__TASK TO COMPLETE__: Find the lines in the entries that follow where the word "passes" occurs, and state how many there are, with no other words.

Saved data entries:

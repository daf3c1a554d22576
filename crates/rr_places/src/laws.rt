ghost use Rattle.std.specs.Prelude.{◌≡◌, List};
ghost use Rattle.elem_text.specs.declared.elem.Elem.{Elem};
ghost use Rattle.arch_types.specs.declared.arch.Tile.{Tile};
ghost use Rattle.rr_items.specs.declared.switches.Switch.{Switch};
ghost use Rattle.rr_places.specs.declared.error.PlaceError.{PlaceError};
ghost use Rattle.rr_places.specs.Switches.{AreSwitches, IsSwitchRefused};
ghost use Rattle.rr_places.specs.Types.{NumberedType, AreTypes, IsTypeRefused};

use rr_items::one_item;

/// Tells a caller's proof that a file says one list of switches, and one list of block types. It
/// does nothing.
pub fn one_list()
    ensures switches { (root : Elem) (a b : List Switch)
        → AreSwitches root a → AreSwitches root b → a ≡ b }
    ensures types { (tiles : List Tile) (root : Elem) (a b : List NumberedType)
        → AreTypes tiles root a → AreTypes tiles root b → a ≡ b }
{
    one_item();
}

/// Tells a caller's proof that a file's switches and its block types are refused in one way, and
/// never where they are read. It does nothing.
pub fn one_refusal()
    ensures switches { (root : Elem) (d e : PlaceError)
        → IsSwitchRefused root d → IsSwitchRefused root e → d ≡ e }
    ensures switches_never_both { (root : Elem) (a : List Switch) (e : PlaceError)
        → AreSwitches root a → IsSwitchRefused root e → ⊥ }
    ensures types { (tiles : List Tile) (root : Elem) (d e : PlaceError)
        → IsTypeRefused tiles root d → IsTypeRefused tiles root e → d ≡ e }
    ensures types_never_both { (tiles : List Tile) (root : Elem) (a : List NumberedType)
        (e : PlaceError) → AreTypes tiles root a → IsTypeRefused tiles root e → ⊥ }
{
    one_item();
}
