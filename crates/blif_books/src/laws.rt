ghost use Rattle.blif_books.specs.Laws.{HasOneBook};

/// Tells a caller's proof that lines mention, drive and name in one way, or can't in one way, and
/// never both. It does nothing.
pub fn one_book()
    ensures { HasOneBook }
{
    blif_nets::one_numbering();
}
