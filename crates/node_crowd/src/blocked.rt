ghost use Rattle.std.specs.Prelude.{◌≡◌, ◌<◌, ◌+◌, ◌↔◌, ℕ, [], Some, IsTrue, length, slice_get};
ghost use Rattle.std.specs.Bool.{OnTrue, OnFalse};
ghost use Rattle.vtr_base.specs.Lists.{Has};
ghost use Rattle.task_types.specs.Open.{MayStart};
ghost use Rattle.sparse_set.specs.Sets.{held_on};
ghost use Rattle.task_reach.specs.Valid.{IsTaskOf, IsNeedOf};
ghost use Rattle.node_crowd.specs.Blocking.{IsBlocked, IsWalk};

use net_types::Netlist;
use pb_expand::{PbGraph, PinIx};
use sparse_set::SparseSet;
use task_reach::{may_start, put_ends, put_steps};
use task_trail::Trail;
use task_types::{Need, Task};

/// Whether each way from an end of a need to a source of its net meets a listed pin.
pub(crate) fn is_blocked(
    net: &Netlist,
    graph: &PbGraph,
    task: &Task,
    trail: &Trail,
    need: Need,
    listed: &SparseSet,
    reached: &mut SparseSet,
) -> bool
    requires task { IsTaskOf graph.now task.now }
    requires need { IsNeedOf graph.now task.now need }
    requires atoms { trail.now.atoms ≡ length task.now.atoms }
    requires instances { trail.now.instances ≡ length graph.now.instances }
    requires pins { trail.now.pins ≡ length graph.now.pins }
    requires listed { listed.now.room ≡ length graph.now.pins }
    requires reached { reached.old ≡ held_on [] (length graph.now.pins) }
    ensures blocked { IsTrue result ↔ IsBlocked graph.now net.now.atoms task.now trail.now.made
        need
        listed.now.items }
    ensures reached { reached.new ≡ reached.old }
{
    put_ends(net, graph, task, trail, need, reached);
    let blocked = misses_starts(net, graph, task, trail, need, listed, reached);
    reached.clear();
    blocked
}

/// Whether no source of a need's net is reached past the listed pins, where all ends are reached. It
/// goes on from each pin that is reached, once.
fn misses_starts(
    net: &Netlist,
    graph: &PbGraph,
    task: &Task,
    trail: &Trail,
    need: Need,
    listed: &SparseSet,
    reached: &mut SparseSet,
) -> bool
    requires task { IsTaskOf graph.now task.now }
    requires atoms { trail.now.atoms ≡ length task.now.atoms }
    requires instances { trail.now.instances ≡ length graph.now.instances }
    requires pins { trail.now.pins ≡ length graph.now.pins }
    requires listed { listed.now.room ≡ length graph.now.pins }
    requires room { reached.old.room ≡ length graph.now.pins }
    requires walk { IsWalk graph.now net.now.atoms task.now trail.now.made need listed.now.items
        reached.old.items
        0 }
    ensures blocked { IsTrue result ↔ IsBlocked graph.now net.now.atoms task.now trail.now.made
        need
        listed.now.items }
    ensures room { reached.new.room ≡ reached.old.room }
{
    let mut at = 0;
    while at < reached.as_slice().len() {
        reached.law();
        let pin = PinIx(reached.as_slice()[at]);
        if !passes(net, graph, task, trail, need, pin, listed, reached) {
            return false;
        }
        at += 1;
    }
    true
}

/// Whether a pin is listed, or else is no source of a need's net: then what is one step back from
/// it is added.
fn passes(
    net: &Netlist,
    graph: &PbGraph,
    task: &Task,
    trail: &Trail,
    need: Need,
    pin: PinIx,
    listed: &SparseSet,
    reached: &mut SparseSet,
) -> bool
    requires task { IsTaskOf graph.now task.now }
    requires pin { pin.0 < length graph.now.pins }
    requires atoms { trail.now.atoms ≡ length task.now.atoms }
    requires instances { trail.now.instances ≡ length graph.now.instances }
    requires pins { trail.now.pins ≡ length graph.now.pins }
    requires listed { listed.now.room ≡ length graph.now.pins }
    requires room { reached.old.room ≡ length graph.now.pins }
    ensures room { reached.new.room ≡ reached.old.room }
    ensures on { OnTrue result ((at : ℕ) → slice_get reached.old.items at ≡ Some pin.0 → IsWalk
        graph.now net.now.atoms task.now trail.now.made need listed.now.items reached.old.items at
        → IsWalk graph.now net.now.atoms task.now trail.now.made need listed.now.items
        reached.new.items
        (at + 1)) }
    ensures source { OnFalse result ((Has listed.now.items pin.0 → ⊥) × MayStart graph.now
        net.now.atoms task.now trail.now.made need pin.0) }
{
    if listed.contains(pin.0) {
        return true;
    }
    if may_start(net, graph, task, trail, need, pin) {
        return false;
    }
    put_steps(graph, trail, pin, reached);
    true
}
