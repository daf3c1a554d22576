//! What lines of a BLIF model (Berkeley Logic Interchange Format) have in common: nets that they
//! mention and drive, and names that they give to atoms.
#![tactic(auto)]

mod book;
mod laws;

pub use book::Book;
pub use laws::one_book;
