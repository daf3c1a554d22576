ghost use Rattle.std.specs.Prelude.{◌≡◌, ℕ, Option, map, IfOk, IfErr, MatchOption};
ghost use Rattle.vtr_base.specs.Lists.{Has};
ghost use Rattle.rr_places.specs.Pins.{HasClass};
ghost use Rattle.rr_places.specs.Types.{TypeParts, IsTileName, ArePins, ArePinsRefused, SaysType, IsKnown, HasHead, LacksHead, IsBadType, AreTypes, IsTypeRefused, type_id};
ghost use Rattle.rr_places.specs.Reading.{AreRead, IsFirstRefused, OrMemory};

use crate::error::PlaceError;
use crate::keyed::{add, find};
use crate::pin_elems::classed_pins;
use crate::pin_text::SubPin;
use crate::pins::{ClassedPin, list_pins};
use crate::tile_names::TileNames;
use arch_types::Arch;
use elem_attrs::attribute;
use elem_reading::{kids_under, number_within};
use elem_text::Elem;
use indexmap::IndexMap;
use std::alloc::Global;
use std::marker::Model;
use vtr_base::Text;

/// A block type of a routing graph: its tile, by its number in the architecture, and its pins by
/// their numbers. The block type `EMPTY` has no tile.
#[derive(Drop)]
pub struct BlockType {
    tile: Option<u32>,
    by_ptc: IndexMap<u32, ClassedPin>,
    classes: IndexMap<SubPin, u32>,
}

impl Model for BlockType {
    ghost use Rattle.rr_places.specs.Pins.{AreClasses};
    ghost use Rattle.rr_places.specs.Types.{TypeParts as Parts};

    ghost Value = { Parts };

    ghost view = { λ t. record { tile = t.tile; pins = t.by_ptc.entries } };

    ghost invariant = { λ t. AreClasses t.by_ptc.entries t.classes.entries };
}

impl BlockType {
    /// The number of its tile, none of `EMPTY`.
    pub fn tile(&self) -> Option<u32>
        ensures { result ≡ self.now.tile }
    {
        self.tile
    }

    /// The pin of this number.
    pub fn pin(&self, ptc: u32) -> Option<ClassedPin>
        ensures { MatchOption result ((pin : ClassedPin) → Has self.now.pins (ptc, pin) → ⊥)
            (λ pin. Has self.now.pins (ptc, pin)) }
    {
        let pin = *find(&self.by_ptc, ptc)?;
        Some(pin)
    }

    /// The number of the pin class that first lists this pin of the tile.
    pub fn class_of(&self, pin: SubPin) -> Option<u32>
        ensures { MatchOption result ((class : ℕ) → HasClass self.now.pins pin class → ⊥)
            (HasClass self.now.pins pin) }
    {
        let class = *find(&self.classes, pin)?;
        Some(class)
    }
}

/// The block types of a routing graph by their ids.
#[derive(Drop)]
pub struct BlockTypes {
    by_id: IndexMap<u32, BlockType>,
}

impl Model for BlockTypes {
    ghost use Rattle.std.specs.Prelude.{List};
    ghost use Rattle.rr_places.specs.Types.{NumberedType};

    ghost Value = { List NumberedType };

    ghost view = { λ t. t.by_id.entries };
}

impl BlockTypes {
    /// The block type of this id.
    pub fn block_type(&self, id: u32) -> Option<&BlockType>
        ensures { MatchOption result ((type : TypeParts) → Has self.now (id, type) → ⊥)
            (λ type. Has self.now (id, type.now)) }
    {
        find(&self.by_id, id)
    }
}

/// The block types of a routing graph file, from its root.
pub fn read_types(alloc: Global, root: &Elem, arch: &Arch) -> Result<BlockTypes, PlaceError>
    ensures read { IfOk result (AreTypes arch.now.tiles root.now) }
    ensures refused { IfErr result (OrMemory (IsTypeRefused arch.now.tiles root.now)) }
{
    let tiles = TileNames::new(alloc, arch)?;
    let elems = kids_under(alloc, root, b"block_types", b"block_type")?;
    list_types(alloc, &tiles, &elems)
}

/// The block types that elements say.
fn list_types(
    alloc: Global,
    tiles: &TileNames<'_>,
    elems: &[&Elem],
) -> Result<BlockTypes, PlaceError>
    ensures read { IfOk result
        (AreRead (SaysType tiles.now) type_id (map (λ e. e.now) elems.now)) }
    ensures refused { IfErr result (OrMemory (IsFirstRefused (SaysType tiles.now) type_id
        (IsBadType tiles.now) (map (λ e. e.now) elems.now))) }
{
    let mut by_id = IndexMap::new(alloc);
    for elem in elems {
        let (id, block) = next_type(alloc, &by_id, tiles, elem)?;
        add(&mut by_id, id, block)?;
    }
    Ok(BlockTypes { by_id })
}

/// The block type that an element says, with its id.
fn next_type(
    alloc: Global,
    by_id: &IndexMap<u32, BlockType>,
    tiles: &TileNames<'_>,
    elem: &Elem,
) -> Result<(u32, BlockType), PlaceError>
    ensures said { IfOk result (λ type. SaysType tiles.now elem.now (type.0, type.1)
        × (IsKnown by_id.now.entries type.0 → ⊥)) }
    ensures refused { IfErr result
        (OrMemory (IsBadType tiles.now by_id.now.entries elem.now)) }
{
    let Some((id, name)) = head_of(by_id, elem) else {
        return Err(PlaceError::BadItem { place: elem.place });
    };
    let Some(tile) = tile_named(tiles, name) else {
        return Err(PlaceError::UnknownBlock { id });
    };
    let block = read_block(alloc, tiles, tile, elem)?;
    Ok((id, block))
}

/// The id and the name of a block type, where the id is new.
fn head_of<'a>(by_id: &IndexMap<u32, BlockType>, elem: &'a Elem) -> Option<(u32, &'a Text)>
    ensures { MatchOption result (LacksHead by_id.now.entries elem.now)
        (λ head. HasHead by_id.now.entries elem.now head.0 head.1.now) }
{
    let Some(id) = number_within(elem, b"id", i32::MAX as u32) else {
        return None;
    };
    if let Some(_) = find(by_id, id) {
        return None;
    }
    let Some(name) = attribute(elem, b"name") else {
        return None;
    };
    Some((id, name))
}

/// The tile of this name, or none of `EMPTY`.
fn tile_named(tiles: &TileNames<'_>, name: &Text) -> Option<Option<u32>>
    ensures { MatchOption result
        ((tile : Option ℕ) → IsTileName tiles.now name.now tile → ⊥)
        (IsTileName tiles.now name.now) }
{
    if name.is(b"EMPTY") {
        return Some(None);
    }
    let Some(tile) = tiles.find(name.as_bytes()) else {
        return None;
    };
    Some(Some(tile))
}

/// The block type with the pins of this element.
fn read_block(
    alloc: Global,
    tiles: &TileNames<'_>,
    tile: Option<u32>,
    elem: &Elem,
) -> Result<BlockType, PlaceError>
    ensures tile { IfOk result (λ block. block.tile ≡ tile) }
    ensures pins { IfOk result (λ block. ArePins tiles.now tile elem.now block.pins) }
    ensures refused { IfErr result (OrMemory (ArePinsRefused tiles.now tile elem.now)) }
{
    let items = classed_pins(alloc, elem)?;
    let pins = list_pins(alloc, tiles.tile(tile), &items)?;
    Ok(BlockType {
        tile,
        by_ptc: pins.by_ptc,
        classes: pins.classes,
    })
}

__THE COMPLETED TASK__: 2